Yugoslav Ambassador to Spain
- In office 1985–1988
- Preceded by: Faik Dizdarević
- Succeeded by: Berislav Badurina

Yugoslav Ambassador to Mexico, Honduras and Costa Rica
- In office 1977–1981
- Preceded by: Branko Vukušić
- Succeeded by: Jože Brilej

Assistant Secretary of the Federal Secretariat of Foreign Affairs
- In office 1981–1983
- Minister: Josip Vrhovec Lazar Mojsov
- In office 1974–1977
- Minister: Miloš Minić

Yugoslav Ambassador to Bolivia
- In office 1971–1974
- Preceded by: Iztok Žagar
- Succeeded by: Luka Belamarić

Vice-President of the Assembly of SAP Kosovo
- In office 1969–1970
- President: Ilaz Kurteshi

Personal details
- Born: 8 June 1929
- Died: 22 December 1988 (aged 59) Madrid, Spain
- Cause of death: Car accident
- Citizenship: Yugoslav
- Children: Veton and Flaka
- Alma mater: University of Belgrade Faculty of Law
- Occupation: Diplomat
- Profession: Journalist and writer

= Rexhai Surroi =

Yugoslav Albanian journalist and diplomat

Rexhai Surroi (Реџаји Суроји; 8 June 1929 – 22 December 1988) was a Yugoslav Albanian journalist, diplomat and writer.

==Biography==
He was a member of the first cohort of students to have finished high school in Albanian in the former Yugoslavia in 1947–48. He graduated from the University of Belgrade's Law School. He was also one of the few Kosovo Albanians to become ambassadors of Yugoslavia. He was the father of Veton and Flaka Surroi.
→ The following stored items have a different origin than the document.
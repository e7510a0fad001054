//! A session: an input is cut into lines as it comes, and each is obeyed.
ghost use Rattle.std.specs.Prelude.{◌≡◌, ⊤, ℕ, ◌+◌, ◌^◌, ◌<◌, List, [], ◌++◌, length, is_some, IfOk, Some, string_bytes};
ghost use Rattle.std.specs.Option.{MatchOption, option_map};
ghost use Rattle.bench.specs.Lines.{line_read};
ghost use Rattle.bench.specs.Values.{value_of};
ghost use Rattle.session.specs.Texts.{ends_text as text_ends, cut, texts};
ghost use Rattle.session.specs.Obeying.{first_bad, bad_text, output};
ghost use Rattle.session.specs.Sessions.{is_stopped, Fed, EndsText, TakesByte, Feeds, Finishes};

use crate::obey::Obey;
use bench::MAX_LINE;
use bench::line::{Line, NotRead};
use std::alloc::{AllocError, Global};

/// An input that is being read, and what obeys its lines.
#[derive(Drop)]
pub struct Session<H> {
    heap: Global,
    handler: H,
    /// None once a text was no line: nothing counts any more.
    reading: Option<Reading>,
}

/// What is kept while the input is being read.
#[derive(Drop)]
struct Reading {
    /// The text that is not ended yet.
    text: Vec<u8>,
    /// How many texts were lines.
    count: u64,
}

/// Whether a text of `held` bytes ends with the byte behind them.
fn ends_text(held: usize, byte: u8) -> bool
    ensures { result ≡ text_ends held byte }
{
    byte == b'\n' || held >= MAX_LINE
}

/// What a text tells, if it is a line.
fn read_text(heap: Global, text: &[u8]) -> Result<Option<Line>, AllocError>
    ensures { IfOk result (λ o. option_map value_of o ≡ line_read text.now) }
{
    match Line::read(heap, text) {
        Ok(line) => Ok(Some(line)),
        Err(NotRead::Refused(_)) => Ok(None),
        Err(NotRead::NoMemory) => Err(AllocError),
    }
}

/// What is written of a text that is no line.
fn bad(heap: Global, number: u64) -> Result<String, AllocError>
    ensures { IfOk result (λ s. string_bytes s ≡ bad_text (Some number)) }
{
    format!(in heap; "bad {number}\n")
}

impl<H: Obey + Drop> Session<H> {
    /// Before the first byte.
    pub fn new(heap: Global, handler: H) -> Session<H>
        ensures { H.obeyed handler [] → Fed H.obeyed result [] }
    {
        let reading = Some(Reading {
            text: Vec::new(heap),
            count: 0,
        });
        Session {
            heap,
            handler,
            reading,
        }
    }

    /// Ends the text that is being read, if one is: obeys it as a line, or stops. The text and the count stay where they are: to take them
    /// out and back would move them for each line.
    fn end_text(&mut self) -> Result<String, AllocError>
        ensures { MatchOption self.old.reading ⊤ (λ r. EndsText H.obeyed H.writes self.old.handler r result self.new) }
    {
        match &mut self.reading {
            Some(reading) => {
                let number = reading.count.saturating_add(1);
                let Some(line) = read_text(self.heap, reading.text.as_slice())? else {
                    self.reading = None;
                    return bad(self.heap, number);
                };
                reading.text.clear();
                reading.count = number;
                self.handler.obey(self.heap, &line)
            }
            None => Ok(String::new(self.heap)),
        }
    }

    /// Takes one byte, and tells what this writes, if it ends a text.
    fn byte(&mut self, byte: u8) -> Result<Option<String>, AllocError>
        ensures { IfOk result (TakesByte H.obeyed H.writes self.old byte self.new) }
    {
        match &mut self.reading {
            Some(reading) => {
                let ends = ends_text(reading.text.len(), byte);
                reading.text.push(byte)?;
                if !ends {
                    return Ok(None);
                }
            }
            None => return Ok(None),
        }
        Ok(Some(self.end_text()?))
    }

    /// Feeds a part of the input, and tells what its lines write. A session that runs out of memory is gone.
    pub fn feed(mut self, chunk: &[u8]) -> Result<(Session<H>, String), AllocError>
        ensures { IfOk result (λ p. Feeds H.obeyed H.writes self chunk.now p.0 p.1) }
    {
        let mut out = String::new(self.heap);
        for byte in chunk {
            if let Some(text) = self.byte(*byte)? {
                out.push_str(text.as_str())?;
            }
        }
        Ok((self, out))
    }

    /// Whether a text was no line, so that nothing counts any more.
    pub fn is_stopped(&self) -> bool
        ensures value { result ≡ is_stopped self.now }
        ensures input { (input : List ℕ) → Fed H.obeyed self.now input → result ≡ is_some (first_bad 1 (cut [] input)) }
    {
        self.reading.is_none()
    }

    /// Comes to the end of the input, and tells what this writes: bytes that no line feed ended are no line.
    pub fn finish(mut self) -> Result<String, AllocError>
        ensures { IfOk result (Finishes H.obeyed H.writes self) }
    {
        match &self.reading {
            Some(reading) if !reading.text.is_empty() => self.end_text(),
            _ => Ok(String::new(self.heap)),
        }
    }
}

/// Obeys a whole input, and tells what this writes.
pub fn run<H: Obey + Drop>(heap: Global, handler: H, input: &[u8]) -> Result<String, AllocError>
    ensures { IfOk result (λ out. H.obeyed handler [] → string_bytes out ≡ output H.writes (texts input.now)) }
{
    let (session, mut out) = Session::new(heap, handler).feed(input)?;
    let last = session.finish()?;
    out.push_str(last.as_str())?;
    Ok(out)
}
He was an active football player for KF Prishtina before becoming journalist and editor of weekly "Zani i Rinisë". He was an editor in Radio Pristina, where he became director in the mid-sixties. In 1969–70, he served as vice-president of the provincial government of SAP Kosovo, he was one of the most fervent advocates for the establishment of the University of Pristina, the only in Yugoslavia where the medium of instruction was Albanian. In 1971, he was appointed ambassador of Yugoslavia to Bolivia and from 1974 to 1977 he held the post of assistant secretary in the Federal Secretariat of Foreign Affairs. From 1977 to 1981, he lived in Mexico City where he was the Yugoslav ambassador to Mexico, Honduras and Costa Rica, and from 1981 to 1983 again he held the post of the assistant secretary in the Federal Secretariat of Foreign Affairs. From 1983 to 1985 he was the general manager of the largest Albanian media company in Kosovo Rilindja.

He died in a car accident in December 1988 while serving as Yugoslavia’s ambassador to Spain. An award for excellence in journalism is named after him in Kosovo.

He is the author of a number of Albanian-language works such as Besniku, Dashunija dhe urrejtja, Pranvera e tretë, and Orteku I & II.